Replies are listed 'Best First'.
Re^2: 'bld' project - signature(SHA1) based replacement for 'make'
by rahogaboom (Novice) on Aug 27, 2014 at 13:39 UTC

    This is an extensive post. I'll reply in detail, however, I want to formulate a considered reply. Maybe within a week or so. Thanks.

      I'll reply in detail, however, I want to formulate a considered reply.

      Sounds good. Meanwhile, let me "think loud" when and why make can go wrong and how to fix that.

      Make (in general, all variants) uses timestamps provided by the operating system and the file system to decide if a rule has to run or not. Rules run only once for each target during a single run of make, so make keeps an internal state, too. This state is obviously initially build from the timestamps.

      Timestamps in the future may be caused by system clock manipulation. This happens, for example, when you damage your Slackware system, boot from the install CD/DVD, and chroot to your real system to rebuild the kernel using make. The Slackware installer manipulates the system clock (but not the hardware clock) to work around some problems with time zones, so you virtually travel in time. The same problem may happen when root changes the system time back manually while make runs. GNU make detects both and warns ("File '%s' has modification time %d s in the future"). It could, perhaps should, be more paranoid and abort instead, because it is likely that your build is incomplete.

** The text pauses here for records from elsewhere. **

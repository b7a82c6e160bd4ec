//! An interface of a host. It sends packets in the order in which they are offered, at its bitrate,
//! and drops one for which its buffer has no room (drop-tail).
//!
//! Contracts cite `specs/InterfaceFields.antt` (what they see of an interface) and
//! `specs/DropTail.antt` (the rule). [`laws`] has that offers keep the ranges of an interface.
#![tactic(auto)]

mod interface;
pub mod laws;

pub use interface::{Interface, Offer};

#[cfg(test)]
mod tests;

      Clock skew may happen when you use network filesystems (especially NFS) without tightly synchronising system clocks of client and server. The server sets the timestamps, using its system clock, but make on the client compares the timestamps using the client's system clock. That clock may have a very different idea of the current time, it may even jitter around the server's clock, so the freshly generated target may have a timestamp earlier than its source files. Again, it may also happen when root messes with the system clock. GNU make detects this and warns ("Clock skew detected"). Again, it could and perhaps should be more paranoid and abort, because again it is likely that your build is incomplete.

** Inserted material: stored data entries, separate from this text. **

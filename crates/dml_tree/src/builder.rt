//! A tree while it is built: the lists that are open, and the attributes so far of the innermost one.
ghost use Rattle.std.specs.Prelude.{◌≡◌, ◌+◌, ◌-◌, ◌<◌, ◌≤◌, ◌++◌, ◌∷◌, [], length, slice_range, IfOk, IfErr, OnOk, Some, None, ◌⊎◌};
ghost use Rattle.dml_lexer.specs.Tokens.{LiesIn};
ghost use Rattle.dml_tree.specs.TreeView.{tree_of};
ghost use Rattle.dml_tree.specs.Grammar.{key_wanted, value_wanted, end_refusal};
ghost use Rattle.dml_tree.specs.Building.{Holds, GoesOn, IsRefusal, IsOneMore, IsOpened, IsClosed, wanted, brackets};

use crate::{Attribute, Place, Tree, TreeFault, Value};
use dml_lexer::{Token, TokenKind};
use sim_base::{Memory, Text};
use std::alloc::Global;
use std::mem;

/// The most lists that may be open at once.
pub const MOST_OPEN: usize = 128;

/// A key whose value is still to come.
#[derive(Drop)]
struct Key {
    text: Text,
    place: Place,
}

/// A list that is open: the attributes before it, its key, and the place of its `[`.
#[derive(Drop)]
struct Open {
    before: Vec<Attribute>,
    key: Key,
    bracket: u32,
}

/// A tree while it is built, token by token.
#[derive(Drop)]
pub struct Builder {
    file: u32,
    opened: Vec<Open>,
    attributes: Vec<Attribute>,
    key: Option<Key>,
}

impl Builder {
    /// Nothing so far.
    pub fn new(alloc: Global, file: u32) -> Builder
        ensures file { result.file ≡ file }
        ensures opened { result.opened.items ≡ [] }
        ensures attributes { result.attributes.items ≡ [] }
        ensures key { result.key ≡ None }
    {
        Builder {
            file,
            opened: Vec::new(alloc),
            attributes: Vec::new(alloc),
            key: None,
        }
    }

    /// Goes over one more token.
    pub fn take(&mut self, alloc: Global, bytes: &[u8], token: &Token) -> Result<(), TreeFault>
        requires { LiesIn (length bytes.now) token.now }
        ensures goes_on { OnOk result (GoesOn bytes.now token.now self.old self.old.key self.new) }
        ensures fault { IfErr result (IsRefusal self.old.opened.items (wanted self.old.key) token.now) }
    {
        match self.key.take() {
            None => self.key_at(alloc, bytes, token),
            Some(key) => self.value_at(alloc, bytes, token, key),
        }
    }

    fn key_at(&mut self, alloc: Global, bytes: &[u8], token: &Token) -> Result<(), TreeFault>
        requires lies { LiesIn (length bytes.now) token.now }
        requires no_key { self.old.key ≡ None }
        ensures goes_on { OnOk result (GoesOn bytes.now token.now self.old None self.new) }
        ensures fault { IfErr result (IsRefusal self.old.opened.items key_wanted token.now) }
    {
        match token.kind {
            TokenKind::Word => {
                let text = word(alloc, bytes, token)?;
                let place = Place {
                    file: self.file,
                    at: token.from,
                };
                self.key = Some(Key { text, place });
                Ok(())
            }
            TokenKind::RightBracket => self.close_list(token.from),
            TokenKind::Quoted | TokenKind::LeftBracket => Err(TreeFault::KeyWanted(token.from)),
        }
    }

    fn value_at(
        &mut self,
        alloc: Global,
        bytes: &[u8],
        token: &Token,
        key: Key,
    ) -> Result<(), TreeFault>
        requires lies { LiesIn (length bytes.now) token.now }
        requires no_key { self.old.key ≡ None }
        ensures goes_on { OnOk result (GoesOn bytes.now token.now self.old (Some key) self.new) }
        ensures fault { IfErr result (IsRefusal self.old.opened.items value_wanted token.now) }
    {
        match token.kind {
            TokenKind::Word => {
                let text = word(alloc, bytes, token)?;
                self.add(key, Value::Plain(text))
            }
            TokenKind::Quoted => {
                let text = quoted(alloc, bytes, token)?;
                self.add(key, Value::Plain(text))
            }
            TokenKind::LeftBracket => self.open_list(alloc, key, token.from),
            TokenKind::RightBracket => Err(TreeFault::ValueWanted(token.from)),
        }
    }

    // Adds an attribute to the innermost list.
    fn add(&mut self, key: Key, value: Value) -> Result<(), TreeFault>
        ensures added { OnOk result (IsOneMore self.old key value self.new) }
        ensures fault { IfErr result (λ fault. fault ≡ TreeFault.Memory) }
    {
        let Key { text, place } = key;
        self.attributes.push(Attribute {
            key: text,
            place,
            value,
        })?;
        Ok(())
    }

    // Opens a list.
    fn open_list(&mut self, alloc: Global, key: Key, bracket: u32) -> Result<(), TreeFault>
        ensures opened { OnOk result (IsOpened self.old key bracket self.new) }
        ensures fault { IfErr result (λ fault. (fault ≡ TreeFault.Memory) ⊎ ((MOST_OPEN ≤ length self.old.opened.items) × (fault ≡ TreeFault.NestedTooDeep bracket))) }
    {
        if self.opened.len() >= MOST_OPEN {
            return Err(TreeFault::NestedTooDeep(bracket));
        }
        let before = mem::replace(&mut self.attributes, Vec::new(alloc));
        self.opened.push(Open {
            before,
            key,
            bracket,
        })?;
        Ok(())
    }

    // Closes the innermost list.
    fn close_list(&mut self, at: u32) -> Result<(), TreeFault>
        ensures closed { OnOk result (IsClosed self.old self.new) }
        ensures fault { IfErr result (λ fault. (fault ≡ TreeFault.Memory) ⊎ ((self.old.opened.items ≡ []) × (fault ≡ TreeFault.StrayClose at))) }
    {
        let Some(open) = self.opened.pop() else {
            return Err(TreeFault::StrayClose(at));
        };
        let Open {
            before,
            key,
            bracket: _,
        } = open;
        let inner = mem::replace(&mut self.attributes, before);
        self.add(key, Value::List(Tree::of(inner)))?;
        Ok(())
    }

    /// The tree, at the end of a text of this length.
    pub fn finish(self, end: u32) -> Result<Tree, TreeFault>
        ensures tree { IfOk result (λ tree. (self.opened.items ≡ []) × (self.key ≡ None) × (tree ≡ tree_of self.attributes.items)) }
        ensures fault { IfErr result (λ fault. end_refusal (wanted self.key) (brackets self.opened.items) end ≡ Some fault) }
    {
        let Builder {
            file: _,
            mut opened,
            attributes,
            key,
        } = self;
        if let Some(_key) = key {
            return Err(TreeFault::ValueWanted(end));
        }
        if let Some(list) = opened.pop() {
            return Err(TreeFault::OpenList(list.bracket));
        }
        Ok(Tree::of(attributes))
    }
}

// The text of a word.
fn word(alloc: Global, bytes: &[u8], token: &Token) -> Result<Text, Memory>
    requires from { token.now.from ≤ token.now.to }
    requires to { token.now.to ≤ length bytes.now }
    ensures { IfOk result (λ text. text ≡ slice_range bytes.now token.now.from token.now.to) }
{
    Text::of(alloc, &bytes[token.from as usize..token.to as usize])
}

// The text between the quotes of a quoted text.
fn quoted(alloc: Global, bytes: &[u8], token: &Token) -> Result<Text, Memory>
    requires from { token.now.from + 2 ≤ token.now.to }
    requires to { token.now.to ≤ length bytes.now }
    ensures { IfOk result (λ text. text ≡ slice_range bytes.now (token.now.from + 1) (token.now.to - 1)) }
{
    Text::of(
        alloc,
        &bytes[token.from as usize + 1..token.to as usize - 1],
    )
}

      These two problems are the most common problems with make using timestamps, but there are other ways to create wrong timestamps.

      FAT filesystems allow only a two-second-resolution of filestamps (you get only even values for seconds. So, your target may have the same timestamp as its source. But this should be no problem, you can get essentially the same problem because stat returns timestamps with only second resolution. Make only rebuilds when the target is older, i.e. timestamp of target is less than timestamp of source. But FAT stores local time, not universal time, so when you change the timezone, the FAT timestamps move back or forward in time.

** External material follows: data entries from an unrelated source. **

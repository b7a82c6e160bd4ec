//! DML trees: how a text is read as a list of attributes, how such a list is printed, and how two are
//! joined.
//!
//! An attribute is a word, the key, and then a value: a word, a quoted text, or `[`, a list of attributes
//! and `]`. At most 128 lists are open at once.
#![tactic(auto)]

mod builder;
mod equality;
pub mod laws;
mod printing;
mod reading;
mod tree;

pub use printing::write;
pub use reading::{TreeFault, read};
pub use tree::{Attribute, Place, Tree, Value, join};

      No problem: The ntp deamon manipulates the system clock so it agrees with the reference clocks, perhaps even while you run make. If ntpd was implemented stupidly, the system clock would wildly jump around, especially if the system clock was off by several seconds or even minutes or hours. But ntpd is smart, it slows down or accelerates the system clock just a little bit at a time, so it smoothly aproaches the reference clocks' time. Generally, systems allow ntpd a single big adjustment of the system time during system boot to compensate cheap battery buffered real-time clocks that tend to run too slow or too fast.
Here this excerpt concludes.